In una campagna elettorale che si avvicina al ballottaggio e dove ogni presenza pesa quanto un endorsement, a far discutere nelle ultime ore non sono stati soltanto i contenuti dei comizi di Giovanni Legnini in Piazza Vico e di Cristiano Sicari a Piazzale Marconi, ma anche alcuni incontri avvenuti lontano dai palchi.
Lungo Corso Marrucino e a ridosso di Piazza Vico, luogo scelto per il comizio di Giovanni Legnini, diversi presenti avrebbero notato l’onorevole Luciano D’Alfonso, ex presidente della Regione e storico protagonista della politica abruzzese. Il politico pescarese e’ stato visto dialogare a lungo con Legnini e alcuni candidati e rappresentanti delle liste che lo sostengono, in conversazioni che non sono sfuggite agli osservatori più attenti.
Fin qui nulla di straordinario.
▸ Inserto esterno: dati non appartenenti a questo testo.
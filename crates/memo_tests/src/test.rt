//! Tests by the bags that their questions found.

ghost use Rattle.std.specs.Prelude.{◌≡◌, IfOk, IfSome, List, Some, slice_get};
ghost use Rattle.ent_values.specs.Bags.{Contents};
ghost use Rattle.ent_request.specs.Looks.{Looks};
ghost use Rattle.ent_request.specs.Questions.{AreNumbers};
ghost use Rattle.ent_request.specs.declared.question.Question.{Question};
ghost use Rattle.ent_request.specs.declared.request.Request.{Request};
ghost use Rattle.memo_bags.specs.Ways.{AsksAbout};
ghost use Rattle.memo_bags.specs.proofs_only.Led.{AreAbout};
ghost use Rattle.memo_bags.specs.proofs_only.Ready.{AreReady, Begins, KeepsReady, in_scene, request_of};
ghost use Rattle.memo_plan.specs.Heard.{Came};
ghost use Rattle.memo_tests.specs.Tested.{ComesTo, IsTest, Learns};
ghost use Rattle.memo_tests.specs.proofs_only.Leading.{LeadsTo};

use crate::outcome::TestOutcome;
use ent_request::LookUps;
use memo_bags::{About, Finding, Findings, Scene, findings_of, make_way, seek};
use memo_trie::Trie;
use std::alloc::{AllocError, Global};

/// The outcomes of a test, each of which stands at the ends of the ways of what was found for it.
#[derive(Drop)]
pub struct Test {
    pub outcomes: Vec<TestOutcome>,
    pub tree: Trie<About, usize>,
}

impl Test {
    /// Without outcomes, whatever the test is. Nothing is allocated.
    ///
    /// Its contract leaves open: what stands in it: any test without outcomes would do.
    pub fn new(alloc: Global) -> Test
        ensures { (at : Looks) (questions : List Question) (bags : List Contents) (test : Looks → Request → Came)
            → IsTest at questions bags test result }
    {
        Test {
            outcomes: Vec::new(alloc),
            tree: Trie::new(alloc),
        }
    }

    /// The number of the outcome at the end of the way of what a request finds, if one leads there.
    ///
    /// Its contract leaves open: when it answers `None`, which it may always: its caller then evaluates and learns.
    pub fn known<L: LookUps>(
        &self,
        scene: &Scene<'_, L>,
        findings: &mut Findings,
    ) -> Result<Option<usize>, AllocError>
        requires ready { AreReady (L.looks scene.now.held.now) scene.now findings.old }
        requires asks { AsksAbout scene.now.questions.now self.now.tree.nodes.items }
        ensures comes { IfOk result (λ o. IfSome o
            (in_scene L.looks scene.now ComesTo findings.old.bags (request_of scene.now) self.now)) }
        ensures keeps { KeepsReady (L.looks scene.now.held.now) scene.now findings.old findings.new }
    {
        seek(scene, findings, &self.tree)
    }

    /// Learns what the test came to for a request, and gives its number. The others keep theirs, whatever comes.
    ///
    /// Its contract leaves open: which number a new outcome gets, whether it is found again, and what else findings
    /// keep.
    pub fn learn<L: LookUps>(
        &mut self,
        scene: &Scene<'_, L>,
        findings: &mut Findings,
        outcome: TestOutcome,
    ) -> Result<usize, AllocError>
        requires ready { AreReady (L.looks scene.now.held.now) scene.now findings.old }
        requires within { AreNumbers scene.now.questions.now outcome.asked }
        ensures there { IfOk result (λ n. slice_get self.new.outcomes.items n ≡ Some outcome) }
        ensures begins { Begins self.new.outcomes.items self.old.outcomes.items }
        ensures learns { in_scene L.looks scene.now Learns
            findings.old.bags findings.new.bags (request_of scene.now) outcome self.old self.new }
        ensures keeps { KeepsReady (L.looks scene.now.held.now) scene.now findings.old findings.new }
    {
        let found = findings_of(scene, findings, outcome.asked.as_slice())?;
        let number = self.number_of(outcome)?;
        self.lead(scene.alloc, found.as_slice(), number)?;
        Ok(number)
    }

    // The number of an outcome, which is put behind the others if it isn't there.
    fn number_of(&mut self, outcome: TestOutcome) -> Result<usize, AllocError>
        ensures there { IfOk result (λ n. slice_get self.new.outcomes.items n ≡ Some outcome) }
        ensures begins { Begins self.new.outcomes.items self.old.outcomes.items }
        ensures tree { self.new.tree.nodes.items ≡ self.old.tree.nodes.items }
    {
        if let Some(number) = number_among(self.outcomes.as_slice(), &outcome) {
            return Ok(number);
        }
        let number = self.outcomes.len();
        self.outcomes.push(outcome)?;
        Ok(number)
    }

    // Leads the way of what was found to the outcome of a number, unless something else stands on it.
    fn lead(&mut self, alloc: Global, found: &[Finding], number: usize) -> Result<(), AllocError>
        ensures outcomes { self.new.outcomes.items ≡ self.old.outcomes.items }
        ensures leads { LeadsTo found.now number self.old self.new }
    {
        match make_way(alloc, &mut self.tree, found)? {
            None => Ok(()),
            Some(place) => {
                self.tree.end(place, number);
                Ok(())
            }
        }
    }
}

// The number of an outcome among others, if it is found there.
fn number_among(outcomes: &[TestOutcome], outcome: &TestOutcome) -> Option<usize>
    ensures { IfSome result (λ n. slice_get outcomes.now n ≡ Some outcome.now) }
{
    for place in 0..outcomes.len() {
        if outcomes[place].is(outcome) {
            return Some(place);
        }
    }
    None
}
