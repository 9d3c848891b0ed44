//! A tree of ways: which leaf stands where each question on the way found a certain number.
#![tactic(auto)]

mod fork;
mod node;
mod tree;

pub use fork::Fork;
pub use node::Node;
pub use tree::Trie;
Se non fosse che D’Alfonso è da sempre associato al progetto della cosiddetta “Grande Pescara”, un disegno amministrativo che, secondo i suoi critici, rischierebbe di mettere in secondo piano la città di Chieti o quantomeno di ridimensionarne il peso politico e istituzionale all’interno dell’area metropolitana Chieti-Pescara. Una prospettiva che torna inevitabilmente sullo sfondo proprio mentre Chieti si appresta a scegliere il proprio sindaco.
Coincidenza o semplice presenza istituzionale? La domanda ha iniziato a circolare tra i presenti già durante la serata. Del resto, in politica le apparizioni pubbliche raramente sono casuali, soprattutto quando avvengono a pochi giorni da un appuntamento elettorale decisivo. E se da una parte non sono arrivate dichiarazioni ufficiali sul significato della presenza dell’ex governatore, dall’altra c’è chi legge quell’immagine come il segnale di un interesse che va oltre il perimetro comunale.
I bene informati invitano alla prudenza, ma il retroscena continua ad alimentare il dibattito. Perché vedere uno dei principali sostenitori del progetto della Grande Pescara confrontarsi con Legnini e alcuni esponenti della sua coalizione proprio nel cuore della campagna per il ballottaggio è un dettaglio che difficilmente passa inosservato. E in una partita che si gioca anche sui simboli e sui messaggi non dichiarati, ogni fotografia può raccontare molto più di quanto venga detto dal palco.